Requirement —
The answer is a number and nothing else: the count of lines in these entries containing the word "conversation".

Data for this exercise —
* * *
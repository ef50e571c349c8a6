//! A monitor that keeps the numbers of the lines that noted the events of one conversation.

use crate::kept_lines::keep_line;
use scrib_core::monitor::Core;
use scrib_script_io::fault::ScriptFault;
use scrib_script_reader::entry::Entry;
use scrib_script_reader::item::Item;
use scrib_sweep::sweep::sweep;
use std::alloc::Global;

/// A monitor, and the numbers of the lines that noted the events of the conversation `id` since it was last opened.
#[derive(Drop)]
pub(crate) struct LineMonitor {
    pub core: Core,
    pub id: u32,
    pub numbers: Vec<u64>,
}

impl LineMonitor {
    ghost use Rattle.std.specs.Prelude.{◌≡◌, [], IfErr, OnOk};
    ghost use Rattle.scrib_core.specs.Answers.{initial};
    ghost use Rattle.scrib_core.specs.Held.{state_of};
    ghost use Rattle.scrib_script_io.specs.declared.fault.ScriptFault.TheVariants.{OutOfMemory};
    ghost use Rattle.scrib_show.specs.Progress.{Takes};

    // A new monitor, which keeps the lines of this conversation.
    pub fn new(alloc: Global, id: u32) -> LineMonitor
        ensures state { state_of result.core ≡ initial }
        ensures id { result.id ≡ id }
        ensures none { result.numbers.items ≡ [] }
    {
        LineMonitor {
            core: Core::new(alloc),
            id,
            numbers: Vec::new(alloc),
        }
    }

    // Makes the step or the sweep of an entry that the line of this number gives. It fails where memory for it or for
    // the number is refused.
    pub fn take(&mut self, entry: Entry, number: u64) -> Result<(), ScriptFault>
        ensures id { self.new.id ≡ self.old.id }
        ensures took { OnOk result (Takes self.old self.new number entry) }
        ensures fault { IfErr result (λ e. e ≡ OutOfMemory) }
    {
        match entry {
            Entry::Item(Item::Step(_, step)) => {
                let reply = self.core.apply(step);
                keep_line(&mut self.numbers, self.id, number, &reply)
            }
            Entry::Item(Item::Sweep(_)) => match sweep(*self.numbers.allocator(), &mut self.core) {
                Ok(_judged) => Ok(()),
                Err(_) => Err(ScriptFault::OutOfMemory),
            },
            Entry::Item(Item::BadLine(_)) | Entry::Item(Item::EndOfText) | Entry::Skipped => Ok(()),
        }
    }
}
* * *
Solved problem —
3